### [WHAT IS REQUIRED]
Return the records in full, with every character preserved.

### [PROVIDED MATERIAL]
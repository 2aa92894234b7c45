//! From a conflict that assumptions alone lead to, a clause of their complements.
ghost use Rattle.std.specs.Prelude.{◌≡◌, ℕ, ◌*◌, ◌≤◌, [], length, Some, IfOk, IfSome, IfNone, OnOk};
ghost use Rattle.clause_pool.specs.Clause.{has};
ghost use Rattle.clause_pool.specs.Marks.{AreTouched};
ghost use Rattle.solver.specs.Answer.{IsCore};
ghost use Rattle.solver.specs.Marks.{IsChain, IsMarkedAt, IsTop, NoneMarked, AreClear, AreFalseOrBlamed, AreLiteralsAt};
ghost use Rattle.solver.specs.Search.{IsReady, IsKept, AreOpened, IsClosing};
ghost use Rattle.chains.specs.Growth.{Extends};

use crate::analyze::append;
use crate::conflict::{Resolvable, resolve_at};
use crate::marks::{last_marked, unmark};
use crate::resolution::Resolution;
use clause_pool::{Kernel, Lit, Pool, Ref};
use pb_base::Memory;
use propagate::Engine;

// The place of the trail whose false literal this is, if it is marked and stands before `end`.
#[inline(always)]
fn place_before(engine: &Engine, marks: &[bool], lit: Lit, end: usize) -> Option<usize>
    requires end { end ≤ length engine.now.lits }
    requires table { length marks.now ≡ 2 * engine.now.vars }
    ensures found { IfSome result (IsMarkedAt engine.now.lits marks.now lit end) }
    ensures only { (k : ℕ) → IsMarkedAt engine.now.lits marks.now lit end k → result ≡ Some k }
{
    let lits = engine.trail();
    if !lit.is_marked(marks) {
        return None;
    }
    let place = engine.place_of(lit.var())?;
    if place >= end {
        return None;
    }
    if lits[place] == lit.not() {
        return Some(place);
    }
    None
}

// The latest marked place before `end`, by all literals that were marked.
fn last_touched(engine: &Engine, marks: &[bool], touched: &[Lit], end: usize) -> Option<usize>
    requires end { end ≤ length engine.now.lits }
    requires table { length marks.now ≡ 2 * engine.now.vars }
    requires touched { AreTouched marks.now touched.now }
    ensures top { IfSome result (IsTop engine.now.lits marks.now 0 end) }
    ensures none { IfNone result (NoneMarked engine.now.lits marks.now 0 end) }
{
    let mut behind = 0;
    for lit in touched {
        let Some(place) = place_before(engine, marks, *lit, end) else {
            continue;
        };
        if place >= behind {
            behind = place + 1;
        }
    }
    if behind == 0 {
        return None;
    }
    Some(behind - 1)
}

// The same by the trail, where that is less to go through.
fn latest_marked(engine: &Engine, resolution: &Resolution, end: usize) -> Option<usize>
    requires end { end ≤ length engine.now.lits }
    requires table { length resolution.now.marks.items ≡ 2 * engine.now.vars }
    requires touched { AreTouched resolution.now.marks.items resolution.now.touched.items }
    ensures top { IfSome result (IsTop engine.now.lits resolution.now.marks.items 0 end) }
    ensures none { IfNone result (NoneMarked engine.now.lits resolution.now.marks.items 0 end) }
{
    let count = resolution.touched.len();
    if count.saturating_mul(count) / 4 >= end {
        return last_marked(&resolution.marks, engine.trail(), 0, end);
    }
    last_touched(engine, &resolution.marks, &resolution.touched, end)
}

// Resolves all literals that have a reason away.
fn resolve_all(
    engine: &Engine,
    pool: &Pool,
    resolution: &mut Resolution,
    assumptions: &[Lit],
) -> Result<(), Memory>
    requires attached { pool.now.clauses ≡ engine.now.clauses }
    requires opened { AreOpened assumptions.now engine.now }
    requires chain { IsChain pool.now.clauses resolution.old }
    requires table { length resolution.old.marks.items ≡ 2 * engine.now.vars }
    requires others_false { AreFalseOrBlamed engine.now.lits resolution.old.marks.items assumptions.now }
    ensures chain { OnOk result (IsChain pool.now.clauses resolution.new) }
    ensures blamed { OnOk result (AreFalseOrBlamed [] resolution.new.marks.items assumptions.now) }
    ensures table { length resolution.new.marks.items ≡ 2 * engine.now.vars }
{
    let mut end = engine.trail().len();
    while let Some(place) = latest_marked(engine, resolution, end) {
        end = place;
        let Some(reason) = engine.reason_at(place) else {
            continue;
        };
        let at = Resolvable { place, reason };
        resolve_at(engine, pool, resolution, at, pool.lits(reason))?;
    }
    Ok(())
}

// Derives a clause of complements of assumptions from one that shows why they can't hold together.
fn derive_closing(
    kernel: &mut Kernel,
    engine: &Engine,
    resolution: &mut Resolution,
    literals: &mut Vec<Lit>,
    assumptions: &[Lit],
    at: Ref,
) -> Result<Ref, Memory>
    requires ready { IsReady kernel.old.clauses engine.now resolution.old.marks.items }
    requires closing { IsClosing engine.now assumptions.now at }
    ensures extends { Extends kernel.old kernel.new }
    ensures kept { IsKept kernel.new.clauses engine.now resolution.new.marks.items }
    ensures core { IfOk result (IsCore kernel.new assumptions.now) }
    ensures literals { IfOk result (AreLiteralsAt kernel.new.clauses resolution.new.marks.items) }
{
    kernel.given();
    resolution.begin(kernel.pool(), at)?;
    resolve_all(engine, kernel.pool(), resolution, assumptions)?;
    if resolution.pairs.is_empty() {
        return Ok(resolution.start);
    }
    let closed = append(kernel, resolution, literals)?;
    Ok(closed)
}

/// The same, with no mark left.
pub(crate) fn close(
    kernel: &mut Kernel,
    engine: &Engine,
    resolution: &mut Resolution,
    literals: &mut Vec<Lit>,
    assumptions: &[Lit],
    at: Ref,
) -> Result<Ref, Memory>
    requires ready { IsReady kernel.old.clauses engine.now resolution.old.marks.items }
    requires closing { IsClosing engine.now assumptions.now at }
    ensures extends { Extends kernel.old kernel.new }
    ensures kept { IsKept kernel.new.clauses engine.now resolution.new.marks.items }
    ensures core { IfOk result (IsCore kernel.new assumptions.now) }
    ensures clear { OnOk result (AreClear resolution.new.marks.items) }
{
    let closed = derive_closing(kernel, engine, resolution, literals, assumptions, at)?;
    unmark(&mut resolution.marks, kernel.pool().lits(closed));
    Ok(closed)
}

### [EXERCISE ANSWER]
repository 2aa92894234b7c45
//! From a conflict that assumptions alone lead to, a clause of their complements.
ghost use Rattle.std.specs.Prelude.{◌≡◌, ℕ, ◌*◌, ◌≤◌, [], length, Some, IfOk, IfSome, IfNone, OnOk};
ghost use Rattle.clause_pool.specs.Clause.{has};
ghost use Rattle.clause_pool.specs.Marks.{AreTouched};
ghost use Rattle.solver.specs.Answer.{IsCore};
ghost use Rattle.solver.specs.Marks.{IsChain, IsMarkedAt, IsTop, NoneMarked, AreClear, AreFalseOrBlamed, AreLiteralsAt};
ghost use Rattle.solver.specs.Search.{IsReady, IsKept, AreOpened, IsClosing};
ghost use Rattle.chains.specs.Growth.{Extends};

use crate::analyze::append;
use crate::conflict::{Resolvable, resolve_at};
use crate::marks::{last_marked, unmark};
use crate::resolution::Resolution;
use clause_pool::{Kernel, Lit, Pool, Ref};
use pb_base::Memory;
use propagate::Engine;

// The place of the trail whose false literal this is, if it is marked and stands before `end`.
#[inline(always)]
fn place_before(engine: &Engine, marks: &[bool], lit: Lit, end: usize) -> Option<usize>
    requires end { end ≤ length engine.now.lits }
    requires table { length marks.now ≡ 2 * engine.now.vars }
    ensures found { IfSome result (IsMarkedAt engine.now.lits marks.now lit end) }
    ensures only { (k : ℕ) → IsMarkedAt engine.now.lits marks.now lit end k → result ≡ Some k }
{
    let lits = engine.trail();
    if !lit.is_marked(marks) {
        return None;
    }
    let place = engine.place_of(lit.var())?;
    if place >= end {
        return None;
    }
    if lits[place] == lit.not() {
        return Some(place);
    }
    None
}

// The latest marked place before `end`, by all literals that were marked.
fn last_touched(engine: &Engine, marks: &[bool], touched: &[Lit], end: usize) -> Option<usize>
    requires end { end ≤ length engine.now.lits }
    requires table { length marks.now ≡ 2 * engine.now.vars }
    requires touched { AreTouched marks.now touched.now }
    ensures top { IfSome result (IsTop engine.now.lits marks.now 0 end) }
    ensures none { IfNone result (NoneMarked engine.now.lits marks.now 0 end) }
{
    let mut behind = 0;
    for lit in touched {
        let Some(place) = place_before(engine, marks, *lit, end) else {
            continue;
        };
        if place >= behind {
            behind = place + 1;
        }
    }
    if behind == 0 {
        return None;
    }
    Some(behind - 1)
}

// The same by the trail, where that is less to go through.
fn latest_marked(engine: &Engine, resolution: &Resolution, end: usize) -> Option<usize>
    requires end { end ≤ length engine.now.lits }
    requires table { length resolution.now.marks.items ≡ 2 * engine.now.vars }
    requires touched { AreTouched resolution.now.marks.items resolution.now.touched.items }
    ensures top { IfSome result (IsTop engine.now.lits resolution.now.marks.items 0 end) }
    ensures none { IfNone result (NoneMarked engine.now.lits resolution.now.marks.items 0 end) }
{
    let count = resolution.touched.len();
    if count.saturating_mul(count) / 4 >= end {
        return last_marked(&resolution.marks, engine.trail(), 0, end);
    }
    last_touched(engine, &resolution.marks, &resolution.touched, end)
}

// Resolves all literals that have a reason away.
fn resolve_all(
    engine: &Engine,
    pool: &Pool,
    resolution: &mut Resolution,
    assumptions: &[Lit],
) -> Result<(), Memory>
    requires attached { pool.now.clauses ≡ engine.now.clauses }
    requires opened { AreOpened assumptions.now engine.now }
    requires chain { IsChain pool.now.clauses resolution.old }
    requires table { length resolution.old.marks.items ≡ 2 * engine.now.vars }
    requires others_false { AreFalseOrBlamed engine.now.lits resolution.old.marks.items assumptions.now }
    ensures chain { OnOk result (IsChain pool.now.clauses resolution.new) }
    ensures blamed { OnOk result (AreFalseOrBlamed [] resolution.new.marks.items assumptions.now) }
    ensures table { length resolution.new.marks.items ≡ 2 * engine.now.vars }
{
    let mut end = engine.trail().len();
    while let Some(place) = latest_marked(engine, resolution, end) {
        end = place;
        let Some(reason) = engine.reason_at(place) else {
            continue;
        };
        let at = Resolvable { place, reason };
        resolve_at(engine, pool, resolution, at, pool.lits(reason))?;
    }
    Ok(())
}

// Derives a clause of complements of assumptions from one that shows why they can't hold together.
fn derive_closing(
    kernel: &mut Kernel,
    engine: &Engine,
    resolution: &mut Resolution,
    literals: &mut Vec<Lit>,
    assumptions: &[Lit],
    at: Ref,
) -> Result<Ref, Memory>
    requires ready { IsReady kernel.old.clauses engine.now resolution.old.marks.items }
    requires closing { IsClosing engine.now assumptions.now at }
    ensures extends { Extends kernel.old kernel.new }
    ensures kept { IsKept kernel.new.clauses engine.now resolution.new.marks.items }
    ensures core { IfOk result (IsCore kernel.new assumptions.now) }
    ensures literals { IfOk result (AreLiteralsAt kernel.new.clauses resolution.new.marks.items) }
{
    kernel.given();
    resolution.begin(kernel.pool(), at)?;
    resolve_all(engine, kernel.pool(), resolution, assumptions)?;
    if resolution.pairs.is_empty() {
        return Ok(resolution.start);
    }
    let closed = append(kernel, resolution, literals)?;
    Ok(closed)
}

/// The same, with no mark left.
pub(crate) fn close(
    kernel: &mut Kernel,
    engine: &Engine,
    resolution: &mut Resolution,
    literals: &mut Vec<Lit>,
    assumptions: &[Lit],
    at: Ref,
) -> Result<Ref, Memory>
    requires ready { IsReady kernel.old.clauses engine.now resolution.old.marks.items }
    requires closing { IsClosing engine.now assumptions.now at }
    ensures extends { Extends kernel.old kernel.new }
    ensures kept { IsKept kernel.new.clauses engine.now resolution.new.marks.items }
    ensures core { IfOk result (IsCore kernel.new assumptions.now) }
    ensures clear { OnOk result (AreClear resolution.new.marks.items) }
{
    let closed = derive_closing(kernel, engine, resolution, literals, assumptions, at)?;
    unmark(&mut resolution.marks, kernel.pool().lits(closed));
    Ok(closed)
}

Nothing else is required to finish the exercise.